A homenagem ao presidente Luiz Inácio Lula da Silva (PT) no desfile da Acadêmicos de Niterói, no Carnaval do Rio de Janeiro, motivou a abertura de ações judiciais por parte da oposição. Parlamentares do PL e o Partido Novo recorreram à Justiça Federal e ao Tribunal Superior Eleitoral (TSE) para tentar barrar a apresentação.
O foco das contestações é o Termo de Colaboração firmado entre a Embratur e a Liga Independente das Escolas de Samba do Rio de Janeiro (Liesa), no valor de R$ 12 milhões, destinado à promoção internacional do Carnaval. Os autores das ações questionam a legalidade do repasse diante do conteúdo do enredo, que retrata a trajetória pessoal e política do presidente em ano eleitoral.
Na Justiça Federal, foi protocolada ação popular alegando possível desvio de finalidade e afronta aos princípios da administração pública. No TSE, a representação aponta indícios de propaganda eleitoral antecipada e abuso de poder político e econômico.

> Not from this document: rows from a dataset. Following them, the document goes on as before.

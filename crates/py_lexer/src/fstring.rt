//! The parts of formatted strings.

ghost use Rattle.std.specs.Prelude.{◌≡◌, ◌∷◌, length, drop, take, ◌-◌, IfOk};
ghost use Rattle.py_literals.specs.Formatted.{text_len};
ghost use Rattle.py_lexer.specs.Front.{front_of};
ghost use Rattle.py_lexer.specs.Formatted.{text_of, text_or_field, literal, field_end};

use crate::piece::{Lexeme, Piece};
use crate::spellings::Spellings;
use crate::state::{Mode, State};
use crate::strings::quotes_len;
use crate::token::{Kind, LexKind, Value};
use py_literals::escape::{EscapeError, decode};
use py_literals::formatted::text_len;
use py_literals::text::StringKind;
use rv_names::Memory;
use std::alloc::Global;

fn text_of(
    alloc: Global,
    spellings: &mut Spellings,
    kind: &StringKind,
    text: &[char],
) -> Result<Lexeme, Memory>
    ensures { IfOk result (λ lexeme. lexeme ≡ text_of kind.now text.now) }
{
    match decode(alloc, kind, text) {
        Err(EscapeError::Memory) => Err(Memory),
        Err(EscapeError::Bad(ahead)) => Ok(Lexeme::Refused(LexKind::BadEscape, ahead)),
        Ok(value) => {
            let value = spellings.text(alloc, &value)?;
            Ok(Lexeme::Spelled(text.len(), Kind::FStringText, Value::Text(value)))
        }
    }
}

fn text_or_field(
    alloc: Global,
    spellings: &mut Spellings,
    state: &mut State,
    kind: StringKind,
    beyond: usize,
    body: &[char],
) -> Result<Piece, Memory>
    ensures { IfOk result (λ p. front_of p state.new ≡ text_or_field state.old kind beyond body.now (text_len body.now)) }
{
    let len = text_len(body);
    if len == 0 {
        state.mode = Mode::Field(kind, beyond);
        return Ok(Piece::Found(1, Kind::FieldOpen, Value::Nothing));
    }
    let (text, _) = body.split_at(len);
    Ok(Piece::from(text_of(alloc, spellings, &kind, text)?))
}

/// What stands in a formatted string of this kind outside of its fields: a text, the `{` of a field, or the closing
/// quotes. Behind its body stand so many characters (Language Reference, 2.4.3).
pub fn literal(
    alloc: Global,
    spellings: &mut Spellings,
    state: &mut State,
    kind: StringKind,
    beyond: usize,
    chars: &[char],
) -> Result<Piece, Memory>
    ensures { IfOk result (λ p. front_of p state.new ≡ literal state.old kind beyond chars.now) }
{
    let (body, _) = chars.split_at(chars.len().saturating_sub(beyond));
    match body {
        [] => {
            state.mode = Mode::Inside;
            Ok(Piece::Found(quotes_len(&kind), Kind::FStringEnd, Value::Nothing))
        }
        _ => text_or_field(alloc, spellings, state, kind, beyond, body),
    }
}

/// The `}` of a field of such a string.
pub fn field_end(state: &mut State, kind: StringKind, beyond: usize) -> Piece
    ensures { front_of result state.new ≡ field_end state.old kind beyond }
{
    state.mode = Mode::Literal(kind, beyond);
    Piece::Found(1, Kind::FieldClose, Value::Nothing)
}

O caso também passou a ser analisado pelo Tribunal de Contas da União (TCU), cujo corpo técnico recomendou a suspensão do repasse e solicitou esclarecimentos sobre a participação do Ministério da Cultura no acordo.

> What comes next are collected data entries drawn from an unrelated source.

//! The keywords.

ghost use Rattle.std.specs.Prelude.{◌≡◌, length, encode_utf8_all};
ghost use Rattle.py_lexer.specs.Spellings.{is_spelled};
ghost use Rattle.py_lexer.specs.Keywords.{keyword_of, if_spelled, keyword_like, two_letters, three_letters, four_letters, five_letters, six_letters, seven_letters, eight_letters};

use crate::spellings::is_spelled;
use crate::token::Kind;

fn if_spelled(text: &[char], word: &str, keyword: Kind) -> Option<Kind>
    ensures { result ≡ if_spelled text.now word.now keyword }
{
    if is_spelled(text, word) {
        Some(keyword)
    } else {
        None
    }
}

fn two_letters(text: &[char], first: char, last: char) -> Option<Kind>
    ensures { result ≡ two_letters text.now first last }
{
    match (first, last) {
        ('a', 's') => if_spelled(text, "as", Kind::As),
        ('i', 'f') => if_spelled(text, "if", Kind::If),
        ('i', 'n') => if_spelled(text, "in", Kind::In),
        ('i', 's') => if_spelled(text, "is", Kind::Is),
        ('o', 'r') => if_spelled(text, "or", Kind::Or),
        _ => None,
    }
}

fn three_letters(text: &[char], first: char, last: char) -> Option<Kind>
    ensures { result ≡ three_letters text.now first last }
{
    match (first, last) {
        ('a', 'd') => if_spelled(text, "and", Kind::And),
        ('d', 'f') => if_spelled(text, "def", Kind::Def),
        ('d', 'l') => if_spelled(text, "del", Kind::Del),
        ('f', 'r') => if_spelled(text, "for", Kind::For),
        ('n', 't') => if_spelled(text, "not", Kind::Not),
        ('t', 'y') => if_spelled(text, "try", Kind::Try),
        _ => None,
    }
}

fn four_letters(text: &[char], first: char, last: char) -> Option<Kind>
    ensures { result ≡ four_letters text.now first last }
{
    match (first, last) {
        ('N', 'e') => if_spelled(text, "None", Kind::None),
        ('T', 'e') => if_spelled(text, "True", Kind::True),
        ('e', 'f') => if_spelled(text, "elif", Kind::Elif),
        ('e', 'e') => if_spelled(text, "else", Kind::Else),
        ('f', 'm') => if_spelled(text, "from", Kind::From),
        ('p', 's') => if_spelled(text, "pass", Kind::Pass),
        ('w', 'h') => if_spelled(text, "with", Kind::With),
        _ => None,
    }
}

fn five_letters(text: &[char], first: char, last: char) -> Option<Kind>
    ensures { result ≡ five_letters text.now first last }
{
    match (first, last) {
        ('F', 'e') => if_spelled(text, "False", Kind::False),
        ('a', 'c') => if_spelled(text, "async", Kind::Async),
        ('a', 't') => if_spelled(text, "await", Kind::Await),
        ('b', 'k') => if_spelled(text, "break", Kind::Break),
        ('c', 's') => if_spelled(text, "class", Kind::Class),
        ('r', 'e') => if_spelled(text, "raise", Kind::Raise),
        ('w', 'e') => if_spelled(text, "while", Kind::While),
        ('y', 'd') => if_spelled(text, "yield", Kind::Yield),
        _ => None,
    }
}

fn six_letters(text: &[char], first: char, last: char) -> Option<Kind>
    ensures { result ≡ six_letters text.now first last }
{
    match (first, last) {
        ('a', 't') => if_spelled(text, "assert", Kind::Assert),
        ('e', 't') => if_spelled(text, "except", Kind::Except),
        ('g', 'l') => if_spelled(text, "global", Kind::Global),
        ('i', 't') => if_spelled(text, "import", Kind::Import),
        ('l', 'a') => if_spelled(text, "lambda", Kind::Lambda),
        ('r', 'n') => if_spelled(text, "return", Kind::Return),
        _ => None,
    }
}

fn seven_letters(text: &[char], first: char, last: char) -> Option<Kind>
    ensures { result ≡ seven_letters text.now first last }
{
    match (first, last) {
        ('f', 'y') => if_spelled(text, "finally", Kind::Finally),
        _ => None,
    }
}

fn eight_letters(text: &[char], first: char, last: char) -> Option<Kind>
    ensures { result ≡ eight_letters text.now first last }
{
    match (first, last) {
        ('c', 'e') => if_spelled(text, "continue", Kind::Continue),
        ('n', 'l') => if_spelled(text, "nonlocal", Kind::Nonlocal),
        _ => None,
    }
}

fn keyword_like(text: &[char]) -> Option<Kind>
    ensures { result ≡ keyword_like text.now }
{
    match text.len() {
        2 => two_letters(text, text[0], text[1]),
        3 => three_letters(text, text[0], text[2]),
        4 => four_letters(text, text[0], text[3]),
        5 => five_letters(text, text[0], text[4]),
        6 => six_letters(text, text[0], text[5]),
        7 => seven_letters(text, text[0], text[6]),
        8 => eight_letters(text, text[0], text[7]),
        _ => None,
    }
}

/// The keyword that is spelled so (Language Reference, 2.3.1).
///
/// No two keywords have the same length and the same letters at their ends, so that the characters are compared with one.
#[tactic(auto, using(crate::proofs::KeywordLemmas::keyword_found))]
pub fn keyword_of(text: &[char]) -> Option<Kind>
    ensures { result ≡ keyword_of (encode_utf8_all text.now) }
{
    keyword_like(text)
}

Paralelamente, foi apresentado no Senado um projeto de lei que propõe a proibição de uso de verbas federais em eventos culturais que promovam autoridades em exercício. A proposta prevê sanções como suspensão de recursos e devolução de valores em caso de irregularidade.
Com o enredo “Do alto do mulungu surge a esperança: Lula, o operário do Brasil”, a Acadêmicos de Niterói, estreante no Grupo Especial, pretende contar a trajetória do presidente desde a infância até a chegada ao Palácio do Planalto. O processo no TSE está sob relatoria do ministro André Mendonça e aguarda análise.